_Exercise prompt_: Extract, unchanged, each line of the listing below from its first line through the line that contains "most 2500 ms", inclusive, and nothing else.

[Opening Provided material section]

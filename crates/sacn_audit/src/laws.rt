//! Laws of the definitions: functions that do nothing, each of which has a law as its contract.

ghost use Rattle.sacn_audit.specs.Histories.{BreachesAreOfTheirPackets, OrderIsKept, ShortEndsAreOfTheirPackets};
ghost use Rattle.sacn_audit.specs.CounterHistories.{CountersAreOfTheirPackets};
ghost use Rattle.sacn_audit.specs.ListHistories.{MissingListsAreOfTheirPackets};
ghost use Rattle.sacn_audit.specs.NetworkHistories.{AuditsAreOfTheirPackets, SendersAreOfTheirPackets, SourcesAreOfTheirPackets};
ghost use Rattle.sacn_audit.specs.Refusals.{RefusalsAreOfTheirPackets};

/// For any packets of a stream the audit that heard them says of each rule how many of them broke it, and when the first and
/// the latest of these came, each at its moment or, where that was before an earlier one, at the latest.
pub fn breaches_are_of_their_packets()
    ensures { BreachesAreOfTheirPackets }
{}

/// It says that the stream has a short end where the latest packets are one.
pub fn short_ends_are_of_their_packets()
    ensures { ShortEndsAreOfTheirPackets }
{}

/// Where no packet is before an earlier one, each counts at its own moment.
pub fn order_is_kept()
    ensures { OrderIsKept }
{}

/// After any packets of a network the audit of a stream is that of its own packets, whatever else came. Where there is no room for
/// a further one it may have none.
pub fn audits_are_of_their_packets()
    ensures { AuditsAreOfTheirPackets }
{}

/// So is the audit of a source, that of its own packets and pages; but for what its pages say beside its streams, which
/// `Audit::hear_page` tells.
pub fn sources_are_of_their_packets()
    ensures { SourcesAreOfTheirPackets }
{}

/// For any packets of a source its audit says how often a packet came from another address than the one before it, at most 2500 ms
/// later, and when the first and the latest of these came, each at its moment or, where that was before an earlier one, at the latest.
pub fn senders_are_of_their_packets()
    ensures { SendersAreOfTheirPackets }
{}

/// For any packets of a source its audit says how often a packet was at least the eighth in a row on another universe than the packet
/// before it and with the number after that one's, and when the first and the latest of these came, each at its moment or, where that
/// was before an earlier one, at the latest.
pub fn counters_are_of_their_packets()
    ensures { CountersAreOfTheirPackets }
{}

/// After any datagrams that can't be read, what is kept of a sender and a fault is how many of its datagrams had it, the first and the
/// latest moment of these, whatever else came. Where there is no room for a further pair it may be nothing.
pub fn refusals_are_of_their_packets()
    ensures { RefusalsAreOfTheirPackets }
{}

/// For any packets of a source its audit says how often no list of its universes came for more than 12 s, and when that was first and
/// last so, each at the moment of the packet that came so late.
pub fn missing_lists_are_of_their_packets()
    ensures { MissingListsAreOfTheirPackets }
{}
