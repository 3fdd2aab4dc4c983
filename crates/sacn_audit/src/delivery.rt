//! What comes with a data packet, beside what it says.

ghost use Rattle.std.specs.Prelude.{◌≡◌};
ghost use Rattle.sacn_audit.specs.Options.{has_reserved_bits};

use sacn_packets::DataView;

/// The bits of the options that are reserved, and sent as 0 (E1.31, 6.2.6): those below Force_Synchronization (bit 5).
const RESERVED: u8 = 0x20;

/// What comes with a data packet, beside what it says.
#[derive(Clone, Copy, PartialEq, Eq)]
pub struct Delivery {
    /// The IPv4 address that it was sent to.
    pub destination: [u8; 4],
    /// Its octet of options, as it came (E1.31, 6.2.6).
    pub options: u8,
}

impl Delivery {
    /// That of a packet that was sent to an IPv4 address; 0.0.0.0 where that isn't known.
    pub fn of(destination: [u8; 4], packet: &DataView<'_>) -> Self
        ensures { result.destination ≡ destination }
    {
        Delivery {
            destination,
            options: packet.options(),
        }
    }

    /// Whether a reserved bit of the options is set.
    pub(crate) fn has_reserved_bits(self) -> bool
        ensures { result ≡ has_reserved_bits self.options }
    {
        self.options % RESERVED != 0
    }
}
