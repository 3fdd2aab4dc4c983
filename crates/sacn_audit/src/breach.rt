//! How often a rule was broken, and when.

ghost use Rattle.std.specs.Prelude.{◌≡◌};
ghost use Rattle.sacn_audit.specs.Audits.{judged_alone};
ghost use Rattle.sacn_audit.specs.Breaches.{breach_of, no_breach, no_breaches, noted, noted_if};

use crate::rule::Rule;
use crate::sight::Sight;

/// How often a rule was broken, and when. Moments are in milliseconds; all are 0 where it wasn't.
#[derive(Clone, Copy, PartialEq, Eq)]
pub struct Breach {
    /// So many times, at most 2^64 - 1.
    pub times: u64,
    /// The moment of the first time.
    pub first: u64,
    /// The moment of the latest time.
    pub latest: u64,
}

impl Breach {
    /// A rule that wasn't broken yet.
    pub fn none() -> Self
        ensures { result ≡ no_breach }
    {
        Breach {
            times: 0,
            first: 0,
            latest: 0,
        }
    }

    /// It was broken once more, at this moment.
    pub fn note(&mut self, moment: u64)
        ensures { self.new ≡ noted moment self.old }
    {
        if self.times == 0 {
            self.first = moment;
        }
        self.times = self.times.saturating_add(1);
        self.latest = moment;
    }

    /// It was broken once more, if it was.
    pub(crate) fn note_if(&mut self, is_broken: bool, moment: u64)
        ensures { self.new ≡ noted_if is_broken moment self.old }
    {
        if is_broken {
            self.note(moment);
        }
    }
}

/// The breach of each rule.
#[derive(Clone, Copy, PartialEq, Eq)]
pub struct Breaches {
    /// Of `Rule::TooFast`.
    pub too_fast: Breach,
    /// Of `Rule::Silent`.
    pub silent: Breach,
    /// Of `Rule::ShortChange`.
    pub short_change: Breach,
    /// Of `Rule::ShortEnd`.
    pub short_end: Breach,
    /// Of `Rule::CloseEnds`.
    pub close_ends: Breach,
    /// Of `Rule::NameNotEnded`.
    pub name_not_ended: Breach,
    /// Of `Rule::NameNotText`.
    pub name_not_text: Breach,
    /// Of `Rule::NumberStays`.
    pub number_stays: Breach,
    /// Of `Rule::NumberLeftOut`.
    pub number_left_out: Breach,
    /// Of `Rule::ReservedBits`.
    pub reserved_bits: Breach,
    /// Of `Rule::OtherGroup`.
    pub other_group: Breach,
    /// Of `Rule::OtherStart`.
    pub other_start: Breach,
}

impl Breaches {
    /// No rule was broken yet.
    pub(crate) fn none() -> Self
        ensures { result ≡ no_breaches }
    {
        Breaches {
            too_fast: Breach::none(),
            silent: Breach::none(),
            short_change: Breach::none(),
            short_end: Breach::none(),
            close_ends: Breach::none(),
            name_not_ended: Breach::none(),
            name_not_text: Breach::none(),
            number_stays: Breach::none(),
            number_left_out: Breach::none(),
            reserved_bits: Breach::none(),
            other_group: Breach::none(),
            other_start: Breach::none(),
        }
    }

    /// Notes which rules a packet breaks by itself, whatever came before.
    pub(crate) fn judge_alone(&mut self, moment: u64, sight: Sight)
        ensures { self.new ≡ judged_alone moment sight self.old }
    {
        self.name_not_ended.note_if(!sight.is_name_ended, moment);
        self.name_not_text.note_if(!sight.is_name_text, moment);
        self.reserved_bits.note_if(sight.has_reserved_bits, moment);
        self.other_group.note_if(sight.is_to_other_group, moment);
        self.other_start.note_if(sight.has_other_start(), moment);
    }

    /// That of one rule.
    pub(crate) fn of(&self, rule: Rule) -> Breach
        ensures { result ≡ breach_of rule self.now }
    {
        match rule {
            Rule::TooFast => self.too_fast,
            Rule::Silent => self.silent,
            Rule::ShortChange => self.short_change,
            Rule::ShortEnd => self.short_end,
            Rule::CloseEnds => self.close_ends,
            Rule::NameNotEnded => self.name_not_ended,
            Rule::NameNotText => self.name_not_text,
            Rule::NumberStays => self.number_stays,
            Rule::NumberLeftOut => self.number_left_out,
            Rule::ReservedBits => self.reserved_bits,
            Rule::OtherGroup => self.other_group,
            Rule::OtherStart => self.other_start,
        }
    }
}
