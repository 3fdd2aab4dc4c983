//! The audits of all streams of a network.

ghost use Rattle.std.specs.Prelude.{◌≡◌, IfOk};
ghost use Rattle.sacn_audit.specs.Networks.{after_heard, after_page, after_refused, nothing_heard, passed_over};

use crate::delivery::Delivery;
use crate::page_verdict::PageVerdict;
use crate::refused::{RefusedPackets, RefusedRegister};
use crate::source::SourceAudit;
use crate::source_register::SourceRegister;
use crate::stream_register::{AuditedStream, StreamRegister};
use sacn_packets::{DataView, PacketFault, PageView};
use std::alloc::{AllocError, Global};
use std::marker::Model;

/// Which rules the packets of a network break, for up to `MAX_STREAMS` streams, of up to `MAX_STREAMS` sources; and what can't be
/// read, for up to `MAX_REFUSED` pairs of a sender and a fault.
///
/// Its value is the lists of the streams, of the sources and of these pairs, each in the order in which they appeared, and the counts
/// of the packets and pages of further streams and sources, and of further pairs. No call but `new` takes memory.
#[derive(Drop)]
pub struct Audit {
    streams: StreamRegister,
    sources: SourceRegister,
    untracked: u64,
    refused: RefusedRegister,
    refused_untracked: u64,
}

impl Model for Audit {
    ghost use Rattle.sacn_audit.specs.Networks.{Network};

    ghost Value = { Network };

    ghost view = { λ a. record { streams = a.streams; sources = a.sources; untracked = a.untracked; refused = a.refused; refused_untracked = a.refused_untracked } };
}

impl Audit {
    /// An audit that has heard nothing, with all its room taken in five requests: about 1.3 MB.
    ///
    /// Errors: a request for memory was refused.
    pub fn new(alloc: Global) -> Result<Self, AllocError>
        ensures { IfOk result (λ a. a ≡ nothing_heard) }
    {
        Ok(Audit {
            streams: StreamRegister::new(alloc)?,
            sources: SourceRegister::new(alloc)?,
            untracked: 0,
            refused: RefusedRegister::new(alloc)?,
            refused_untracked: 0,
        })
    }

    /// A packet that came at a moment, in milliseconds, from an IPv4 address, and that was sent to another one. Moments are handed in so that of one source none is before
    /// an earlier one; one that is counts as the latest of its stream, and of its source.
    pub fn hear(&mut self, moment: u64, address: [u8; 4], delivery: Delivery, packet: &DataView<'_>)
        ensures { self.new ≡ after_heard moment address delivery packet.now self.old }
    {
        let is_tracked = self.streams.hear(moment, delivery, packet);
        let is_known = self.sources.hear(moment, address, packet);
        self.untracked = passed_over(is_tracked & is_known, self.untracked);
    }

    /// A page of universe discovery (E1.31, 8), likewise: of a source that sends pages alone, too. What it says is looked at beside the streams
    /// that are heard, where none of them is untracked.
    pub fn hear_page(&mut self, moment: u64, address: [u8; 4], page: &PageView<'_>)
        ensures { self.new ≡ after_page moment address page.now self.old }
    {
        let verdict = PageVerdict::of(moment, page, self.untracked, self.streams.as_slice());
        let is_known = self.sources.hear_page(moment, address, page, verdict);
        self.untracked = passed_over(is_known, self.untracked);
    }

    /// A datagram that is no packet, since it fails a check: when it came, in milliseconds, and from which IPv4 address. Moments are
    /// handed in so that none is before an earlier one.
    pub fn hear_refused(&mut self, moment: u64, address: [u8; 4], fault: PacketFault)
        ensures { self.new ≡ after_refused moment address fault self.old }
    {
        if !self.refused.hear(moment, address, fault) {
            self.refused_untracked = self.refused_untracked.saturating_add(1);
        }
    }

    /// The streams, in the order in which they appeared.
    pub fn streams(&self) -> &[AuditedStream]
        ensures { result.now ≡ self.now.streams }
    {
        self.streams.as_slice()
    }

    /// The sources, in the order in which they appeared.
    pub fn sources(&self) -> &[SourceAudit]
        ensures { result.now ≡ self.now.sources }
    {
        self.sources.as_slice()
    }

    /// The packets of streams, and the packets and pages of sources, for which there was no room, at most 2^64 - 1.
    pub fn untracked(&self) -> u64
        ensures { result ≡ self.now.untracked }
    {
        self.untracked
    }

    /// What can't be read, by its sender and its fault, in the order in which these pairs appeared.
    pub fn refused(&self) -> &[RefusedPackets]
        ensures { result.now ≡ self.now.refused }
    {
        self.refused.as_slice()
    }

    /// The datagrams that can't be read of pairs for which there was no room, at most 2^64 - 1.
    pub fn refused_untracked(&self) -> u64
        ensures { result ≡ self.now.refused_untracked }
    {
        self.refused_untracked
    }
}

// How many packets and pages there was no room for, after one more.
fn passed_over(is_taken: bool, untracked: u64) -> u64
    ensures { result ≡ passed_over is_taken untracked }
{
    if is_taken {
        untracked
    } else {
        untracked.saturating_add(1)
    }
}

[Closing Provided material section]

_Reply_:
filename crates/sacn_audit/src/laws.rt
//! Laws of the definitions: functions that do nothing, each of which has a law as its contract.

ghost use Rattle.sacn_audit.specs.Histories.{BreachesAreOfTheirPackets, OrderIsKept, ShortEndsAreOfTheirPackets};
ghost use Rattle.sacn_audit.specs.CounterHistories.{CountersAreOfTheirPackets};
ghost use Rattle.sacn_audit.specs.ListHistories.{MissingListsAreOfTheirPackets};
ghost use Rattle.sacn_audit.specs.NetworkHistories.{AuditsAreOfTheirPackets, SendersAreOfTheirPackets, SourcesAreOfTheirPackets};
ghost use Rattle.sacn_audit.specs.Refusals.{RefusalsAreOfTheirPackets};

/// For any packets of a stream the audit that heard them says of each rule how many of them broke it, and when the first and
/// the latest of these came, each at its moment or, where that was before an earlier one, at the latest.
pub fn breaches_are_of_their_packets()
    ensures { BreachesAreOfTheirPackets }
{}

/// It says that the stream has a short end where the latest packets are one.
pub fn short_ends_are_of_their_packets()
    ensures { ShortEndsAreOfTheirPackets }
{}

/// Where no packet is before an earlier one, each counts at its own moment.
pub fn order_is_kept()
    ensures { OrderIsKept }
{}

/// After any packets of a network the audit of a stream is that of its own packets, whatever else came. Where there is no room for
/// a further one it may have none.
pub fn audits_are_of_their_packets()
    ensures { AuditsAreOfTheirPackets }
{}

/// So is the audit of a source, that of its own packets and pages; but for what its pages say beside its streams, which
/// `Audit::hear_page` tells.
pub fn sources_are_of_their_packets()
    ensures { SourcesAreOfTheirPackets }
{}

/// For any packets of a source its audit says how often a packet came from another address than the one before it, at most 2500 ms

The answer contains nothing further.